* **Dataset**

------------------------

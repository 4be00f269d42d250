//! The sentences on what the commands print, in specs/Sentences.antt. Some words that they rest on
//! are functions in the code, or are said there at greater length. Only those are said here once
//! more, under names of their own, and laws tie the two. The functions do nothing: the contract of
//! each is one law.
#![tactic(auto)]

ghost use Rattle.claims.specs.Laws.{TreesAreSearches, SearchesAreOne, IndexesAreRead};
ghost use Rattle.claims.specs.Laws.{IndexesAreOne, IndexesAreAccepted, KernelsAreKernels};
ghost use Rattle.claims.specs.Laws.{KernelsAreOne, KernelsMeanThis, PrintedKernelsAreFaithful};
ghost use Rattle.claims.specs.Laws.{KernelTextsAreThere, KernelTextsAreOne, KernelWordsAsk};
ghost use Rattle.claims.specs.Laws.{CompareWordsAsk, WordsAreTaken, ComparisonsMeanThis};
ghost use Rattle.claims.specs.Laws.{EmptyIndexes, TrueReports, WrongReports};

/// A search tree says whether its search finds something, and how many leaves fail before.
pub fn trees_are_searches()
    ensures { TreesAreSearches }
{}

/// A search ends in one way.
pub fn searches_are_one()
    ensures { SearchesAreOne }
{}

/// A text without a fault is an index of the packages that are read of it.
pub fn indexes_are_read()
    ensures { IndexesAreRead }
{}

/// An index of no more packages than there may be has no fault.
pub fn indexes_are_accepted()
    ensures { IndexesAreAccepted }
{}

/// A text is an index of one list of packages, but for their line numbers and whether they have an
/// architecture other than `all`. It has one home.
pub fn indexes_are_one()
    ensures { IndexesAreOne }
{}

/// The kernel that is computed is the first repository that a round leaves as it is.
pub fn kernels_are_kernels()
    ensures { KernelsAreKernels }
{}

/// A repository has one kernel, and a set of its packages one image there.
pub fn kernels_are_one()
    ensures { KernelsAreOne }
{}

/// What the code keeps of a printed kernel is the first sentence.
pub fn kernels_mean_this()
    ensures { KernelsMeanThis }
{}

/// The text of the kernel of an index, at any limit, with hold or without, is a faithful kernel of
/// it.
pub fn printed_kernels_are_faithful()
    ensures { PrintedKernelsAreFaithful }
{}

/// The text of the kernel of an index is one in the words of the sentences, so that they speak of
/// some text.
pub fn kernel_texts_are_there()
    ensures { KernelTextsAreThere }
{}

/// An index has one kernel text, so that they speak of the same text.
pub fn kernel_texts_are_one()
    ensures { KernelTextsAreOne }
{}

/// The words of a kernel ask for it, if they ask for anything.
pub fn kernel_words_ask()
    ensures { KernelWordsAsk }
{}

/// The words of a comparison ask for it, if they ask for anything.
pub fn compare_words_ask()
    ensures { CompareWordsAsk }
{}

/// Some words of a kernel and of a comparison are taken.
pub fn words_are_taken()
    ensures { WordsAreTaken }
{}

/// What the code keeps of a comparison is the second sentence.
pub fn comparisons_mean_this()
    ensures { ComparisonsMeanThis }
{}

/// The sentences are true of empty indexes, and the first is not of a kernel that lacks the package
/// of its index.
pub fn empty_indexes()
    ensures { EmptyIndexes }
{}

/// The other sentences are true of some reports on an empty index.
pub fn true_reports()
    ensures { TrueReports }
{}

/// The sentences are not true of some reports, each wrong for one reason.
pub fn wrong_reports()
    ensures { WrongReports }
{}
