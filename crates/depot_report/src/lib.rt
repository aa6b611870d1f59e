// The answers of check, newer and translate, as text in lent room.
#![tactic(auto)]

ghost use Rattle.std.specs.Prelude.{◌<◌};
ghost use Rattle.rules.specs.Limits.{limits, section_count};
ghost use Rattle.text.specs.Text.{Writes};
ghost use Rattle.depot_report.specs.Report.{component_text, components_text, section_text, sections_text, span_text, manifest_text};
ghost use Rattle.depot_report.specs.Report.{head_text, accepted_text, checked_text, which_text, newer_text, translated_text};

use depot_identifiers::put_identifier_at;
use depot_refusals::put_refused;
use pitvorgas_answers::{CheckAnswer, NewerAnswer};
use rules::controller::{Controller, Places, SECTIONS, SectionPlaces};
use text::{least, put, put_byte, put_spaces};
use text_names::{put_section, section_key};
use text_pieces::put_labelled;

fn put_component(room: &mut [u8], at: usize, s: &[u8], ids: &Places, k: usize) -> usize
    requires { k < limits.components }
    ensures { Writes (component_text s.now ids.now k) at room result }
{
    let a = put_labelled(room, at, b"component ", k);
    let b = put_spaces(room, a, 2);
    let c = put_identifier_at(room, b, s, ids[2 * k], ids[2 * k + 1]);
    put_byte(room, c, b'\n')
}

fn put_components(room: &mut [u8], at: usize, s: &[u8], ids: &Places, n: usize) -> usize
    ensures { Writes (components_text s.now ids.now n) at room result }
{
    let end = least(n, Controller::COMPONENTS);
    let mut to = at;
    for k in 0..end {
        to = put_component(room, to, s, ids, k);
    }
    to
}

fn put_span(room: &mut [u8], at: usize, from: usize, to: usize) -> usize
    ensures { Writes (span_text from to) at room result }
{
    let a = put_labelled(room, at, b" at ", from);
    let b = put_labelled(room, a, b" to ", to);
    put_byte(room, b, b'\n')
}

// A section that ends at 0 is not there: `SectionPlaces` are so in the C interface.
fn put_one_section(room: &mut [u8], at: usize, sections: &SectionPlaces, j: usize) -> usize
    requires { j < section_count }
    ensures { Writes (section_text sections.now j) at room result }
{
    let end = sections[2 * j + 1];
    if end == 0 {
        return at;
    }
    let a = put(room, at, b"section ");
    let b = put_section(room, a, section_key(j));
    put_span(room, b, sections[2 * j], end)
}

fn put_sections(room: &mut [u8], at: usize, sections: &SectionPlaces) -> usize
    ensures { Writes (sections_text sections.now) at room result }
{
    let mut to = at;
    for j in 0..SECTIONS {
        to = put_one_section(room, to, sections, j);
    }
    to
}

fn put_manifest(room: &mut [u8], at: usize, from: usize, to: usize) -> usize
    ensures { Writes (manifest_text from to) at room result }
{
    let a = put(room, at, b"manifest");
    put_span(room, a, from, to)
}

fn put_head(room: &mut [u8], at: usize, number: usize) -> usize
    ensures { Writes (head_text number) at room result }
{
    let a = put_labelled(room, at, b"accepted\nnumber ", number);
    put_byte(room, a, b'\n')
}

fn put_accepted(room: &mut [u8], at: usize, answer: CheckAnswer, envelope: &[u8]) -> usize
    ensures { Writes (accepted_text answer envelope.now) at room result }
{
    let a = put_head(room, at, answer.number);
    let b = put_components(room, a, envelope, &answer.ids, answer.components);
    let c = put_sections(room, b, &answer.sections);
    put_manifest(room, c, answer.from, answer.to)
}

// What check answered for the envelope; `CheckAnswer` is a struct of the C interface, where a refusal of 0 is none.
pub fn put_checked(room: &mut [u8], at: usize, answer: CheckAnswer, envelope: &[u8]) -> usize
    ensures { Writes (checked_text answer envelope.now) at room result }
{
    if answer.refusal == 0 {
        return put_accepted(room, at, answer, envelope);
    }
    put_refused(room, at, answer.refusal, answer.place, envelope)
}

// What newer answered, and the number of the manifest that it handed back; in `NewerAnswer`, of the C interface, an end of 0 is none.
pub fn put_newer(room: &mut [u8], at: usize, answer: NewerAnswer, number: usize) -> usize
    ensures { Writes (newer_text answer number) at room result }
{
    if answer.to == 0 {
        return put(room, at, b"both refused\n");
    }
    let a = put_which(room, at, answer.second);
    let b = put_labelled(room, a, b": number ", number);
    let c = put(room, b, b", ");
    put_manifest(room, c, answer.from, answer.to)
}

fn put_which(room: &mut [u8], at: usize, second: usize) -> usize
    ensures { Writes (which_text second) at room result }
{
    if second == 0 {
        return put(room, at, b"first");
    }
    put(room, at, b"second")
}

// A program that translate wrote.
pub fn put_translated(room: &mut [u8], at: usize, length: usize) -> usize
    ensures { Writes (translated_text length) at room result }
{
    let a = put_labelled(room, at, b"program of ", length);
    put(room, a, b" bytes\n")
}
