// The grammar of formulas: how they are spelled, and that a text has at most one reading. It may use the model and theory crates.
#![tactic(auto)]

ghost use Rattle.grammar.specs.Spelling.{OneReading};

// A text has at most one reading: a theorem, which the call does nothing but state.
pub fn formulas_have_one_reading()
    ensures { OneReading }
{}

------------------------

* **Task**
What is needed is an exact copy of the lines above, from the one containing "put_refused(room, at, answer.refusal, answer.place, envelope)" through the one containing "let a = put_which(room, at, answer.second);", with nothing added.

* **Response to this task**
    put_refused(room, at, answer.refusal, answer.place, envelope)
}

// What newer answered, and the number of the manifest that it handed back; in `NewerAnswer`, of the C interface, an end of 0 is none.
pub fn put_newer(room: &mut [u8], at: usize, answer: NewerAnswer, number: usize) -> usize
    ensures { Writes (newer_text answer number) at room result }
{
    if answer.to == 0 {
        return put(room, at, b"both refused\n");
    }
    let a = put_which(room, at, answer.second);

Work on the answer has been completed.